Task objective:
Provide again, from the entries below, every line from the one containing "let told = preparing(rt, alloc, section, body.as_slice(), 1);" through the one containing "let number = number_of(rt, alloc, fault);", exactly as written, and no other line.

Saved data entries
..............................

//! Bodies that were worked out by hand, bodies from elsewhere, and cut ones.

use crate::listed::preparing;
use crate::sections::{THREE, section_of};
use crate::texts::{bytes_of, words};
use otlp_read::{ReadFault, read_request};
use otlp_trace::{ExportTraceServiceRequest, write_request};
use otlp_vectors::{FAULTS, VECTORS};
use std::alloc::Global;
use std::process::Abort;
use std::thread::Threads;
use tail_settings::Section;

/// Whether two bodies are prepared as one value.
fn are_as_one<R: Threads + Abort + Sync>(
    rt: &R,
    alloc: Global,
    section: &Section,
    body: &[u8],
    other: &[u8],
) -> bool {
    let one = preparing(rt, alloc, section, body, 2);
    let told = preparing(rt, alloc, section, other, 1);
    one.as_str() == told.as_str()
}

/// A vector's body is prepared as its canonical text is.
fn assert_same<R: Threads + Abort + Sync>(rt: &R, alloc: Global, section: &Section, line: &str) {
    let (_name, body, canonical) = words(rt, line);
    let body = bytes_of(rt, alloc, body);
    let canonical = bytes_of(rt, alloc, canonical);
    assert!(rt;
        are_as_one(rt, alloc, section, body.as_slice(), canonical.as_slice()),
        "{line}"
    );
}

#[test]
fn vectors_are_prepared_as_their_canonical_texts(rt: HostRuntime) {
    assert_eq!(rt; VECTORS.lines().count(), 195);
    let section = section_of(&rt, rt.alloc(), THREE);
    for line in VECTORS.lines() {
        assert_same(&rt, rt.alloc(), &section, line);
    }
}

/// Whether the body is refused for the fault with this number.
fn is_refused<R: Threads + Abort + Sync>(
    rt: &R,
    alloc: Global,
    section: &Section,
    body: &[u8],
    number: &str,
) -> bool {
    let told = preparing(rt, alloc, section, body, 1);
    told.as_str().strip_prefix("fault ") == Some(number)
}

/// The line's body is refused for its fault.
fn assert_refused<R: Threads + Abort + Sync>(rt: &R, alloc: Global, section: &Section, line: &str) {
    let (_name, number, body) = words(rt, line);
    let body = bytes_of(rt, alloc, body);
    assert!(rt;
        is_refused(rt, alloc, section, body.as_slice(), number),
        "{line}"
    );
}

#[test]
fn faulty_bodies_are_refused_for_their_fault(rt: HostRuntime) {
    assert_eq!(rt; FAULTS.lines().count(), 80);
    let section = section_of(&rt, rt.alloc(), THREE);
    for line in FAULTS.lines() {
        assert_refused(&rt, rt.alloc(), &section, line);
    }
}

/// The name of the body, the body, and how it is listed, `|` for the note of a span that starts and ends at 0 and meets
/// no policy.
const LISTED: &str = "\
nothing - 0\n\
one_span \
0a20121e121c0a100000000000000000000000000000000112080000000000000001 \
trace_00000000000000000000000000000001;span_0a100000000000000000000000000000000112080000000000000001;|0\n\
a_resource_twice \
0a300a070a030a01611003121e121c0a1000000000000000000000000000000001120800000000000000010a050a030a0162 \
resource_0a030a01610a030a01621003;trace_00000000000000000000000000000001;\
span_0a100000000000000000000000000000000112080000000000000001;|0\n\
spans_without_sound_ids \
0abb0112b801120012120a1001010101010101010101010101010101120a12080101010101010101121c0a10000000000000000000000000\
0000000012080000000000000001121c0a100000000000000000000000000000000112080000000000000000121b0a0f0101010101010101\
0101010101010112080101010101010101121d0a10010101010101010101010101010101011209010101010101010101121c0a1000000000\
00000000000000000000000212080000000000000002 \
trace_00000000000000000000000000000002;span_0a100000000000000000000000000000000212080000000000000002;|7\n\
counts_of_several_scopes 0a0a120212001204120012000a0412021200 4\n\
several_resources \
0a4c0a050a030a0161121e121c0a10000000000000000000000000000000011208000000000000000112230a030a0173121c0a1000000000\
000000000000000000000001120800000000000000020a270a050a030a0162121e121c0a1000000000000000000000000000000001120800\
00000000000003 \
resource_0a030a0161;trace_00000000000000000000000000000001;\
span_0a100000000000000000000000000000000112080000000000000001;|resource_0a030a0161;scope_0a0173;\
trace_00000000000000000000000000000001;span_0a100000000000000000000000000000000112080000000000000002;|\
resource_0a030a0162;trace_00000000000000000000000000000001;\
span_0a100000000000000000000000000000000112080000000000000003;|0\n\
schemas \
0a2d1a036f6c6412211a0175121c0a1000000000000000000000000000000001120800000000000000011a0375726c \
of_75726c;in_75;trace_00000000000000000000000000000001;\
span_0a100000000000000000000000000000000112080000000000000001;|0\n\
notes_of_a_span_with_its_resource \
0a3e0a0a0a080a016112030a01771230122e0a10000000000000000000000000000000011208000000000000000139010000\
000000000041c1cf6a0000000000 \
resource_0a080a016112030a0177;trace_00000000000000000000000000000001;\
span_0a10000000000000000000000000000000011208000000000000000139010000000000000041c1cf6a0000000000;\
TraceNote_{_met:_1,_start:_1,_end:_7000001_};0";

/// The note of a span that starts and ends at 0 and meets no policy.
const PLAIN: &str = "TraceNote { met: 0, start: 0, end: 0 };";

/// The text with a space for each `_` and the note of a plain span for each `|`.
fn spelled(rt: &impl Abort, alloc: Global, text: &str) -> String {
    let mut out = String::new(alloc);
    for mark in text.chars() {
        let put = match mark {
            '_' => out.push(' '),
            '|' => out.push_str(PLAIN),
            _ => out.push(mark),
        };
        put.expect(rt, "memory");
    }
    out
}

/// The line's body is listed so.
fn assert_listed<R: Threads + Abort + Sync>(rt: &R, alloc: Global, section: &Section, line: &str) {
    let (_name, body, wanted) = words(rt, line);
    let body = bytes_of(rt, alloc, body);
    let wanted = spelled(rt, alloc, wanted);
    let told = preparing(rt, alloc, section, body.as_slice(), 1);
    assert!(rt; told.as_str() == wanted.as_str(), "{line}");
}

#[test]
fn bodies_have_the_spans_that_were_worked_out(rt: HostRuntime) {
    assert_eq!(rt; LISTED.lines().count(), 8);
    let section = section_of(&rt, rt.alloc(), THREE);
    for line in LISTED.lines() {
        assert_listed(&rt, rt.alloc(), &section, line);
    }
}

/// A body with a resource that stands twice, a scope that does, spans that are canonical and one that isn't, and one
/// without ids.
const WHOLE: &str = "\
0a661a01720a070a030a0161100312430a030a0173121c0a1000000000000000000000000000000001120800000000000000\
01121e0a1000000000000000000000000000000001120800000000000000022200120c12001a01750a030a01730a000a050a\
030a0162";

/// What is written of a request.
fn written(rt: &impl Abort, alloc: Global, request: &ExportTraceServiceRequest) -> Vec<u8> {
    let mut text = Vec::new(alloc);
    write_request(alloc, &mut text, request).expect(rt, "memory");
    text
}

/// A fault's number as a text.
fn number_of(rt: &impl Abort, alloc: Global, fault: ReadFault) -> String {
    let Some(number) = fault.number() else {
        panic!(rt; "memory: OutOfMemory");
    };
    format!(in alloc; "{number}").expect(rt, "memory")
}

/// Whether a body is prepared as what is written of it when it is read, or refused for the fault of reading it.
fn is_as_reading<R: Threads + Abort + Sync>(
    rt: &R,
    alloc: Global,
    section: &Section,
    body: &[u8],
) -> bool {
    match read_request(alloc, body) {
        Ok(request) => {
            let text = written(rt, alloc, &request);
            are_as_one(rt, alloc, section, body, text.as_slice())
        }
        Err(fault) => {
            let number = number_of(rt, alloc, fault);
            is_refused(rt, alloc, section, body, number.as_str())
        }
    }
}

#[test]
fn cut_bodies_are_as_reading_has_them(rt: HostRuntime) {
    let section = section_of(&rt, rt.alloc(), THREE);
    let body = bytes_of(&rt, rt.alloc(), WHOLE);
    for end in 0..=body.len() {
        assert!(rt; is_as_reading(&rt, rt.alloc(), &section, &body.as_slice()[..end]));
    }
}
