//! Bodies of many spans, which are told apart by their ids.

ghost use Rattle.std.specs.Prelude.{◌<◌, ◌≤◌};

use crate::listed::TENANT;
use crate::sections::{THREE, section_of};
use bytes::Bytes;
use otlp_prepare::prepare;
use otlp_trace::put_bytes_field;
use std::alloc::Global;
use std::process::Abort;
use std::thread::Threads;
use tail_settings::Section;

/// A resource with an attribute `a` whose value is the string `w`.
const RESOURCE: &[u8] = b"\x0a\x08\x0a\x01a\x12\x03\x0a\x01w";

/// A span with this id, in one of eight traces, which ends after 7 ms if its id is odd.
fn span(rt: &impl Abort, alloc: Global, id: u8) -> Vec<u8> {
    let mut text = Vec::new(alloc);
    put_bytes_field(&mut text, 1, &[id % 8 + 1; 16]).expect(rt, "memory");
    put_bytes_field(&mut text, 2, &[id; 8]).expect(rt, "memory");
    let start = b"\x39\x01\x00\x00\x00\x00\x00\x00\x00\x41";
    text.extend_from_slice(start).expect(rt, "memory");
    let end: u64 = if id % 2 == 1 { 7_000_001 } else { 1 };
    text.extend_from_slice(&end.to_le_bytes())
        .expect(rt, "memory");
    text
}

/// The span with this id, with an empty name first where 50 divides the id evenly, so that its text isn't canonical.
fn span_of(rt: &impl Abort, alloc: Global, id: u8) -> Vec<u8> {
    let span = span(rt, alloc, id);
    if id % 50 != 0 {
        return span;
    }
    let mut text = Vec::from_slice(alloc, b"\x2a\x00").expect(rt, "memory");
    text.extend_from_slice(span.as_slice()).expect(rt, "memory");
    text
}

/// A scope spans of these many spans, from this id on.
fn scope_of(rt: &impl Abort, alloc: Global, first: u8, count: u8) -> Vec<u8> {
    let mut text = Vec::new(alloc);
    for more in 0..count {
        let span = span_of(rt, alloc, first.saturating_add(more));
        put_bytes_field(&mut text, 2, span.as_slice()).expect(rt, "memory");
    }
    text
}

/// A resource spans of two scopes of so many spans each.
fn group_of(rt: &impl Abort, alloc: Global, count: u8) -> Vec<u8> {
    let first = scope_of(rt, alloc, 1, count);
    let second = scope_of(rt, alloc, 120, count);
    let mut group = Vec::new(alloc);
    put_bytes_field(&mut group, 1, RESOURCE).expect(rt, "memory");
    put_bytes_field(&mut group, 2, first.as_slice()).expect(rt, "memory");
    put_bytes_field(&mut group, 2, second.as_slice()).expect(rt, "memory");
    group
}

/// A body in which a resource stands so many times, with two scopes of so many spans each.
fn body_of(rt: &impl Abort, alloc: Global, count: u8, times: u32) -> Vec<u8> {
    let group = group_of(rt, alloc, count);
    let mut body = Vec::new(alloc);
    for _ in 0..times {
        put_bytes_field(&mut body, 1, group.as_slice()).expect(rt, "memory");
    }
    body
}

/// In so many threads the body is prepared as in one.
fn assert_same<R: Threads + Abort + Sync>(
    rt: &R,
    alloc: Global,
    section: &Section,
    body: &[u8],
    parts: u32,
)
    requires { (0 < parts) × (parts ≤ 16) }
{
    let text = Bytes::copy_from_slice(alloc, body).expect(rt, "memory");
    let again = text.clone().expect(rt, "memory");
    let one = prepare(rt, alloc, TENANT, section, again, 1).expect(rt, "a good body");
    let other = prepare(rt, alloc, TENANT, section, text, parts).expect(rt, "a good body");
    assert!(rt; one == other);
}

/// The same in 1, 2 and 16 threads of a body in which a resource stands so many times, with so many spans a scope.
fn assert_same_in_parts<R: Threads + Abort + Sync>(
    rt: &R,
    alloc: Global,
    section: &Section,
    count: u8,
    times: u32,
) {
    let body = body_of(rt, alloc, count, times);
    for parts in [1u32, 2, 16] {
        assert_same(rt, alloc, section, body.as_slice(), parts);
    }
}

#[test]
fn many_spans_in_several_threads(rt: HostRuntime) {
    let section = section_of(&rt, rt.alloc(), THREE);
    // None, as many as one thread notes, and so many that there are others.
    for (count, times) in [(0, 1), (1, 1), (3, 1), (100, 3)] {
        assert_same_in_parts(&rt, rt.alloc(), &section, count, times);
    }
}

..............................

Solution below:
    let told = preparing(rt, alloc, section, body.as_slice(), 1);
    assert!(rt; told.as_str() == wanted.as_str(), "{line}");
}

#[test]
fn bodies_have_the_spans_that_were_worked_out(rt: HostRuntime) {
    assert_eq!(rt; LISTED.lines().count(), 8);
    let section = section_of(&rt, rt.alloc(), THREE);
    for line in LISTED.lines() {
        assert_listed(&rt, rt.alloc(), &section, line);
    }
}

/// A body with a resource that stands twice, a scope that does, spans that are canonical and one that isn't, and one
/// without ids.
const WHOLE: &str = "\
0a661a01720a070a030a0161100312430a030a0173121c0a1000000000000000000000000000000001120800000000000000\
01121e0a1000000000000000000000000000000001120800000000000000022200120c12001a01750a030a01730a000a050a\
030a0162";

/// What is written of a request.
fn written(rt: &impl Abort, alloc: Global, request: &ExportTraceServiceRequest) -> Vec<u8> {
    let mut text = Vec::new(alloc);
    write_request(alloc, &mut text, request).expect(rt, "memory");
    text
}

/// A fault's number as a text.
fn number_of(rt: &impl Abort, alloc: Global, fault: ReadFault) -> String {
    let Some(number) = fault.number() else {
        panic!(rt; "memory: OutOfMemory");
    };
    format!(in alloc; "{number}").expect(rt, "memory")
}

/// Whether a body is prepared as what is written of it when it is read, or refused for the fault of reading it.
fn is_as_reading<R: Threads + Abort + Sync>(
    rt: &R,
    alloc: Global,
    section: &Section,
    body: &[u8],
) -> bool {
    match read_request(alloc, body) {
        Ok(request) => {
            let text = written(rt, alloc, &request);
            are_as_one(rt, alloc, section, body, text.as_slice())
        }
        Err(fault) => {
            let number = number_of(rt, alloc, fault);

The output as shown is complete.